**ACTIVITY:**
Give back the line where "let a = first_operand(w);" appears and all the lines after it until the listing ends, unchanged and with nothing else.
----- SOURCE INFORMATION -----
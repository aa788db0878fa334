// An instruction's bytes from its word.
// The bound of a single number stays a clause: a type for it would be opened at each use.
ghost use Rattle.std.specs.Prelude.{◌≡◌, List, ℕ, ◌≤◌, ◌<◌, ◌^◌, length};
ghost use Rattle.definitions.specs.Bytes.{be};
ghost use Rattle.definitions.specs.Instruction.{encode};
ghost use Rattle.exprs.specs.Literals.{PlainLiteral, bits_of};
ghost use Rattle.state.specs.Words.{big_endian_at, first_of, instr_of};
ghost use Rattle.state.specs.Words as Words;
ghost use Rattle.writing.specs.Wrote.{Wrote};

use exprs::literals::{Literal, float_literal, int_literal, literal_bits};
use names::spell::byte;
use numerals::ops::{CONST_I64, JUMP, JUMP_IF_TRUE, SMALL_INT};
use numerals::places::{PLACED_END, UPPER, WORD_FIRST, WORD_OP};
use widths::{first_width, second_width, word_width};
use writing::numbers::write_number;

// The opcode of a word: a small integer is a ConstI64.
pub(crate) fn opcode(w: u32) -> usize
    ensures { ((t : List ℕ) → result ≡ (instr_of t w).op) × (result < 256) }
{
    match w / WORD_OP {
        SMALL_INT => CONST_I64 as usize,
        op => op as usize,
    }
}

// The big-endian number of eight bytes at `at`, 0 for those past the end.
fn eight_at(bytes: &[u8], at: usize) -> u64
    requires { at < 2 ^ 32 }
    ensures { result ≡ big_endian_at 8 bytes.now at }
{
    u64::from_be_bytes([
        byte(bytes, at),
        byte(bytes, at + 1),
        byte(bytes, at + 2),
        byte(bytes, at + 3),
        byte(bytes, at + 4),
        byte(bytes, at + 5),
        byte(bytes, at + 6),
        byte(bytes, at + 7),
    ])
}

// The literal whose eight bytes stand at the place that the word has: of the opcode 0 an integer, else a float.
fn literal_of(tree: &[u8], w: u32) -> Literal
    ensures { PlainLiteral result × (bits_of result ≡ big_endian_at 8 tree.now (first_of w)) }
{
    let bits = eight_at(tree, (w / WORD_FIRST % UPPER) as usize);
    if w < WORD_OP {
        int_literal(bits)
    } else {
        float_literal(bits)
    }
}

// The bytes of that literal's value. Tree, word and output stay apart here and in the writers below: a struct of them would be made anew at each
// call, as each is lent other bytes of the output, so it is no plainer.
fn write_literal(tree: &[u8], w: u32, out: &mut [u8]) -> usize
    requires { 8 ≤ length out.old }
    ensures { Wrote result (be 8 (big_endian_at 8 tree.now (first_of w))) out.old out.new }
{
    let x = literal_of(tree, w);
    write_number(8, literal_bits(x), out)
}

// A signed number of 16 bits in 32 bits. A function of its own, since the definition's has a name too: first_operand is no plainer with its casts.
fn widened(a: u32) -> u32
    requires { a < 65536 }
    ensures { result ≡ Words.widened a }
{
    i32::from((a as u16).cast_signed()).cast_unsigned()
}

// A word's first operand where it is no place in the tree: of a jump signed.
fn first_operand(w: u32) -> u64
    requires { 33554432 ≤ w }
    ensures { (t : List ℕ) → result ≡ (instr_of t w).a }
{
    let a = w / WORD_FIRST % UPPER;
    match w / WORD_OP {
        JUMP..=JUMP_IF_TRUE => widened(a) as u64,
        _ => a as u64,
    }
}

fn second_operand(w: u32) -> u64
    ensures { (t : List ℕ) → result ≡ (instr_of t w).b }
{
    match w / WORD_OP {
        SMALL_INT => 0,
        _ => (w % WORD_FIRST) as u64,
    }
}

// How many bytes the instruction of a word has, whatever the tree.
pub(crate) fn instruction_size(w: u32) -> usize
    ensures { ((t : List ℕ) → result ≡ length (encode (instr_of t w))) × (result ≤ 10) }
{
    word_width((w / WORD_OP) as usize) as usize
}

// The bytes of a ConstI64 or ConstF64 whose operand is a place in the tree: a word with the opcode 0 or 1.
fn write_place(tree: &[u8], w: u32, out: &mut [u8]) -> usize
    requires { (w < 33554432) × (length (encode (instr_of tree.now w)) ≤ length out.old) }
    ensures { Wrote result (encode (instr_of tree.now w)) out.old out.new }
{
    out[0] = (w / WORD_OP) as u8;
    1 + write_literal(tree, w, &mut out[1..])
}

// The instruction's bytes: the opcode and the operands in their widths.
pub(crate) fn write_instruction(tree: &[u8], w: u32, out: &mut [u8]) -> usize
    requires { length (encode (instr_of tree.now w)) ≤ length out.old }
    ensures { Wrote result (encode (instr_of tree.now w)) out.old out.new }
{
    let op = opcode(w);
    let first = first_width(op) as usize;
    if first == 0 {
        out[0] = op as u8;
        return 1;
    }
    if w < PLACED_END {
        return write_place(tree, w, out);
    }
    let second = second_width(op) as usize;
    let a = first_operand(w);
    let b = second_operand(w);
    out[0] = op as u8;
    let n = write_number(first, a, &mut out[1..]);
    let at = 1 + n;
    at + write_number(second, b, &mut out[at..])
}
-----
**RESULT FOR THIS TASK:**
    let a = first_operand(w);
    let b = second_operand(w);
    out[0] = op as u8;
    let n = write_number(first, a, &mut out[1..]);
    let at = 1 + n;
    at + write_number(second, b, &mut out[at..])
}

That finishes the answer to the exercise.